Psychosis: Bizarre delusion
“My cat is my math tutor”
A fixed belief outside the realm of realistic possibility. This belief is strange, odd, eccentric to others.
Psychosis: Control delusion
“My cat tutor is forcing me to do math”
An individual’s fixed belief that their will / thoughts / feelings are being controlled by someone or something else.

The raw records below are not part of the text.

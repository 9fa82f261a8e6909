//! Explaining a word.
ghost use Rattle.std.specs.Prelude.{◌≡◌, ◌++◌, map, option_map, string_bytes, IfOk, OnOk};
ghost use Rattle.std.specs.List.{list_any};
ghost use Rattle.cdi_findings.specs.Explanation as spec;

use crate::explanation::Explanation;
use cdi_base::nearest;
use std::alloc::{AllocError, Global};

/// Adds an explanation, if it is of this word.
fn add_if_of(
    alloc: Global,
    explanation: &Explanation,
    word: &str,
    text: &mut String,
) -> Result<(), AllocError>
    ensures { OnOk result (string_bytes text.new
        ≡ string_bytes text.old ++ spec.text_if_of word.now explanation.now) }
{
    if !explanation.is_of(word) {
        return Ok(());
    }
    let added = explanation.to_string(alloc)?;
    text.push_str(&added)
}

/// All explanations of a word among some, one after the other.
fn all_of(alloc: Global, explanations: &[Explanation], word: &str) -> Result<String, AllocError>
    ensures { IfOk result (λ text.
        string_bytes text ≡ spec.texts_of word.now explanations.now) }
{
    let mut text = String::new(alloc);
    for explanation in explanations {
        add_if_of(alloc, explanation, word, &mut text)?;
    }
    Ok(text)
}

/// Whether one of some explanations is of a word.
fn is_known(explanations: &[Explanation], word: &str) -> bool
    ensures { result ≡ list_any (spec.is_of word.now) explanations.now }
{
    explanations
        .iter()
        .any(|explanation| explanation.is_of(word))
}

/// What is told of a word, or of the number of a problem, by some explanations: each of those that are of it, in their order; nothing
/// if none is.
pub fn explain(
    alloc: Global,
    explanations: &[Explanation],
    word: &str,
) -> Result<Option<String>, AllocError>
    ensures { IfOk result (λ text.
        option_map string_bytes text ≡ spec.explained word.now explanations.now) }
{
    if !is_known(explanations, word) {
        return Ok(None);
    }
    Ok(Some(all_of(alloc, explanations, word)?))
}

fn words_of(alloc: Global, explanations: &[Explanation]) -> Result<Vec<&'static str>, AllocError>
    ensures { IfOk result (λ words.
        map (λ word. word.now) words.items ≡ map (λ e. e.word.now) explanations.now) }
{
    let mut words = Vec::new(alloc);
    for explanation in explanations {
        words.push(explanation.word)?;
    }
    Ok(words)
}

/// The word of some explanations that was probably meant.
fn meant(
    alloc: Global,
    explanations: &[Explanation],
    word: &str,
) -> Result<Option<&'static str>, AllocError>
    ensures { IfOk result (λ near.
        option_map (λ text. text.now) near ≡ spec.meant word.now explanations.now) }
{
    let words = words_of(alloc, explanations)?;
    Ok(nearest(word, words.as_slice()))
}

fn suggestion(alloc: Global, near: Option<&str>) -> Result<String, AllocError>
    ensures { IfOk result (λ text.
        string_bytes text ≡ spec.suggestion (option_map (λ text. text.now) near.entry)) }
{
    match near {
        Some(near) => format!(in alloc; " (did you mean {near}?)"),
        None => Ok(String::new(alloc)),
    }
}

/// What is told of a word that no explanation is of, and the word that was probably meant, if one is near.
pub fn unknown_text(
    alloc: Global,
    explanations: &[Explanation],
    word: &str,
) -> Result<String, AllocError>
    ensures { IfOk result (λ text.
        string_bytes text ≡ spec.unknown_text word.now explanations.now) }
{
    let near = meant(alloc, explanations, word)?;
    let suggestion = suggestion(alloc, near)?;
    format!(in alloc;
        "no such fault, warning, problem, refusal, cause, exception, reply or entry{suggestion}"
    )
}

Psychosis: Grandeur delusion
An individual’s fixed belief in their elevated importance, power, “specialness”
Psychosis: Infidelity delusion
An individual’s fixed belief that their partner or lover is being unfaithful to their relationship.
Psychosis: Persecution delusion
An individual’s fixed belief that they are being harassed or persecuted by others.
Psychosis: Reference delusion
An individual’s fixed belief that unrelated events in the external environment are special messages that have a direct, personal significance and relevance to them.
Psychosis: Erotomanic delusion
An individual’s fixed belief that someone else is in love with them or wants to have sexual intercourse with them. To be classified a “delusion,” this has to be unrequited.
What is meant by “Hallucination” in MSE?
A perceptual experience that is not experienced by others.
Associated with schizophrenia, bipolar disorder, depression, delirium, and substance abuse.
Psychosis / Hallucinations: Hypnogogic
When falling asleep (considered normal).
Psychosis / Hallucinations: Hypnopompic
When awakening from sleep (considered normal).
Psychosis / Hallucinations: Responding to internal stimuli
The individual seems to be attentively listening and responding to sights and sounds in their external environment that others do not see or hear.
What is meant by “Appearance” in MSE?
How a person is groomed and dressed.
Appearance: Well groomed
Appropriate grooming
For example, brushed hair, clean teeth, recent bath or shower (in past 24 hours.
Appearance: Immaculate grooming
Excessive detail is given to one’s grooming and/or make-up.
Appearance: Disheveled / unkempt grooming
Inattention to daily hygiene
The person has not brushed their hair, cleaned their teeth, or taken a recent bath/shower. If the person has unpleasant body odor, or smells of urine/feces, then unkempt grooming might be indicated.
Can be a marker of psychosis.
Appearance: Appropriate dress
The person is wearing appropriate clothing for the time of year and season.
Appearance: Underdressed
The person is wearing too little clothing for the context (e.g., time of year and season, formal nature of meeting). In some cases, the clothing worn is always inappropriate, regardless of season (e.g., wearing revealing clothing to a counseling session).
Appearance: Overdressed
The person is wearing too much clothing for the context (e.g., time of year and season, formal nature of meeting). In some cases, the clothing worn might indicate other issues (e.g., wearing long-sleeves in summer to hide cutting scars or needle marks).
Appearance: Truly bizzare
In some cases, the type of dress worn is simply bizarre. This is another potential warning sign of psychosis.